The measured result can also be affected by the timing of the experiment. A large Foam volume needs time to settle, while for weakly foaming products, the interval between foam generation and volume determination should be as short as possible.
An optional, external thermostat regulates the temperature of the sample volume in the sample reservoir of the SITA FoamTester. The temperature during the measurement may range between 0 and 60°C.
The measurement with the SITA FoamTester is not standardised. Although there are standardised procedures such as the Ross-Miles test (ASTM D1173), but its quantitative statement is limited to the maximum foam volume and the observation of foam decay. Additionally, it differs in the method of foam generation and is restricted to highly foaming solutions.

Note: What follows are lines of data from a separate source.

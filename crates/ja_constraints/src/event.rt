ghost use Rattle.std.specs.Prelude.{◌≡◌, ◌++◌, ◌<◌, ◌≤◌, ◌^◌, All, OnOk};
ghost use Rattle.ja_base.specs.Descriptor.{words_of_all};
ghost use Rattle.ja_tokens.specs.Numbers.{AreNumbers};
ghost use Rattle.ja_constraints.specs.Events as events;
ghost use Rattle.ja_constraints.specs.Places.{HasFew};

use crate::call::{add_begin, add_passes, add_targets};
use crate::constraint::{Constraints, add_link, add_throws_library, add_token};
use crate::flow::{add_begins, add_enters, add_next};
use crate::library::{add_does_there, add_goes_there};
use crate::operation::{add_operation, add_raises};
use crate::place::{instr_of, method_of, row_at, top_cell};
use ja_base::Memory;
use ja_cells::{Names, next_row};
use ja_ir::{Instr, Method, Program};
use ja_network::{Action, Cell, Event};
use ja_tokens::ClassNumbers;
use std::alloc::Global;

// Adds that the parameters of a method come to its locals where it begins.
fn add_enters_at(told: &mut Constraints, m: u32, i: u32, method: &Method) -> Result<(), Memory>
    requires { words_of_all method.now.types.params ≤ 255 }
    ensures { OnOk result (told.new ≡ told.old ++ events.enters_at m i method.now) }
{
    if i == 0 {
        add_enters(told, m, method)
    } else {
        Ok(())
    }
}

// Adds where control goes from an instruction that may run.
fn add_leads_on(
    alloc: Global,
    told: &mut Constraints,
    p: &Program,
    names: &Names,
    m: u32,
    i: u32,
    method: &Method,
    instr: &Instr,
) -> Result<(), Memory>
    requires next { All (λ j. j < 2 ^ 32) instr.now.next }
    requires words { words_of_all method.now.types.params ≤ 255 }
    ensures { OnOk result (told.new ≡ told.old ++ events.leads_on p.now names.now m i method.now instr.now) }
{
    let next = next_row(alloc, p, m, i, &instr.op, row_at(names, m, i))?;
    add_next(told, names, m, next.as_slice(), instr.next.as_slice())?;
    add_begins(told, p.inits_of(&instr.op))?;
    add_enters_at(told, m, i, method)
}

// Adds what an instruction that may run does.
fn add_acts(
    told: &mut Constraints,
    p: &Program,
    names: &Names,
    m: u32,
    i: u32,
    method: &Method,
    instr: &Instr,
) -> Result<(), Memory>
    ensures { OnOk result (told.new ≡ told.old ++ events.acts p.now names.now m i method.now instr.now) }
{
    let row = row_at(names, m, i);
    let top = top_cell(row, method.locals, instr.height);
    add_raises(told, p, m, i, &instr.op)?;
    add_operation(told, p, m, i, top, &instr.op)?;
    add_targets(told, p, m, i, row, method.locals, instr.height, &instr.op)
}

// Adds what follows where an instruction may run.
fn add_runs(
    alloc: Global,
    told: &mut Constraints,
    p: &Program,
    names: &Names,
    m: u32,
    i: u32,
    method: &Method,
    instr: &Instr,
) -> Result<(), Memory>
    requires next { All (λ j. j < 2 ^ 32) instr.now.next }
    requires words { words_of_all method.now.types.params ≤ 255 }
    ensures { OnOk result (told.new ≡ told.old ++ events.runs p.now names.now m i method.now instr.now) }
{
    add_leads_on(alloc, told, p, names, m, i, method, instr)?;
    add_acts(told, p, names, m, i, method, instr)
}

// Adds what follows where an instruction may run, if there is one of these numbers.
fn add_reached(
    alloc: Global,
    told: &mut Constraints,
    p: &Program,
    names: &Names,
    m: u32,
    i: u32,
) -> Result<(), Memory>
    ensures { OnOk result (told.new ≡ told.old ++ events.reached p.now names.now m i) }
{
    match method_of(p, m) {
        Some(method) => match instr_of(method, i) {
            Some(instr) => add_runs(alloc, told, p, names, m, i, method, instr),
            None => Ok(()),
        },
        None => Ok(()),
    }
}

// Adds that the arguments of a call go to the parameters of a method, if there is a call.
fn add_passed(
    told: &mut Constraints,
    p: &Program,
    names: &Names,
    m: u32,
    i: u32,
    n: u32,
) -> Result<(), Memory>
    ensures { OnOk result (told.new ≡ told.old ++ events.passed p.now names.now m i n) }
{
    match method_of(p, m) {
        Some(method) => match instr_of(method, i) {
            Some(instr) => add_passes(
                told,
                m,
                i,
                n,
                row_at(names, m, i),
                method.locals,
                instr.height,
                &instr.op,
            ),
            None => Ok(()),
        },
        None => Ok(()),
    }
}

// Adds what follows where a call goes to a method with code.
fn add_called(
    told: &mut Constraints,
    p: &Program,
    names: &Names,
    m: u32,
    i: u32,
    n: u32,
) -> Result<(), Memory>
    ensures { OnOk result (told.new ≡ told.old ++ events.called p.now names.now m i n) }
{
    add_begin(told, m, i, n)?;
    add_passed(told, p, names, m, i, n)
}

// Adds what a call does in the library, if there is a call.
fn add_done_there(
    alloc: Global,
    told: &mut Constraints,
    p: &Program,
    names: &Names,
    classes: &ClassNumbers,
    m: u32,
    i: u32,
) -> Result<(), Memory>
    requires { AreNumbers p.now classes.now }
    ensures { OnOk result (told.new ≡ told.old ++ events.done_there p.now names.now m i) }
{
    match method_of(p, m) {
        Some(method) => match instr_of(method, i) {
            Some(instr) => add_does_there(
                alloc,
                told,
                p,
                classes,
                m,
                i,
                row_at(names, m, i),
                method.locals,
                instr.height,
                &instr.op,
            ),
            None => Ok(()),
        },
        None => Ok(()),
    }
}

// Adds what follows where a call goes to the library.
fn add_called_library(
    alloc: Global,
    told: &mut Constraints,
    p: &Program,
    names: &Names,
    classes: &ClassNumbers,
    m: u32,
    i: u32,
) -> Result<(), Memory>
    requires { AreNumbers p.now classes.now }
    ensures { OnOk result (told.new ≡ told.old ++ events.called_library p.now names.now m i) }
{
    add_goes_there(told, p, m, i)?;
    add_done_there(alloc, told, p, names, classes, m, i)
}

// Adds that an object is what it leads to, and leads to what that has.
fn add_spanned(told: &mut Constraints, token: u32) -> Result<(), Memory>
    ensures { OnOk result (told.new ≡ told.old ++ events.spanned token) }
{
    add_token(told, Cell::Span { token }, token)?;
    add_link(told, Cell::Span { token }, Action::Expand { token })
}

/// Adds what follows where an event happens.
pub fn add_follows(
    alloc: Global,
    told: &mut Constraints,
    p: &Program,
    names: &Names,
    classes: &ClassNumbers,
    event: Event,
) -> Result<(), Memory>
    requires { AreNumbers p.now classes.now }
    ensures { OnOk result (told.new ≡ told.old ++ events.follows p.now names.now event) }
{
    match event {
        Event::Reached { method, index } => add_reached(alloc, told, p, names, method, index),
        Event::Calls {
            method,
            index,
            target,
        } => add_called(told, p, names, method, index, target),
        Event::CallsAbstract {
            method,
            index,
            target: _,
        } => add_throws_library(told, p, method, index),
        Event::CallsLibrary { method, index } => {
            add_called_library(alloc, told, p, names, classes, method, index)
        }
        Event::Spanned { token } => add_spanned(told, token),
        Event::Linked { from: _, action: _ } => Ok(()),
    }
}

Other quasi-standardised tests, such as the plate test for determining the performance of a dishwashing detergent, specifically address the needs of a particular industry.
For comparability with the SITA FoamTester, Triton X100 is used as a surfactant standard, but SDS or SLES are also suitable surfactants.
While the SITA FoamTester determines all foam properties optically, the R-2000 used a conductivity needle sensor. As a result, the R-2000 worked significantly slower and had disadvantages in measuring quickly decaying foams. In addition, the measuring principle was only suitable for conductive liquids.
With its fast optical measurement methods, the SITA FoamTester determines additional foam properties such as different volume types, Drainage behaviour, and Foam structure.
The principle of mechanical foam generation with the proven stirring disc remains the same. This ensures that the generated foams are comparable.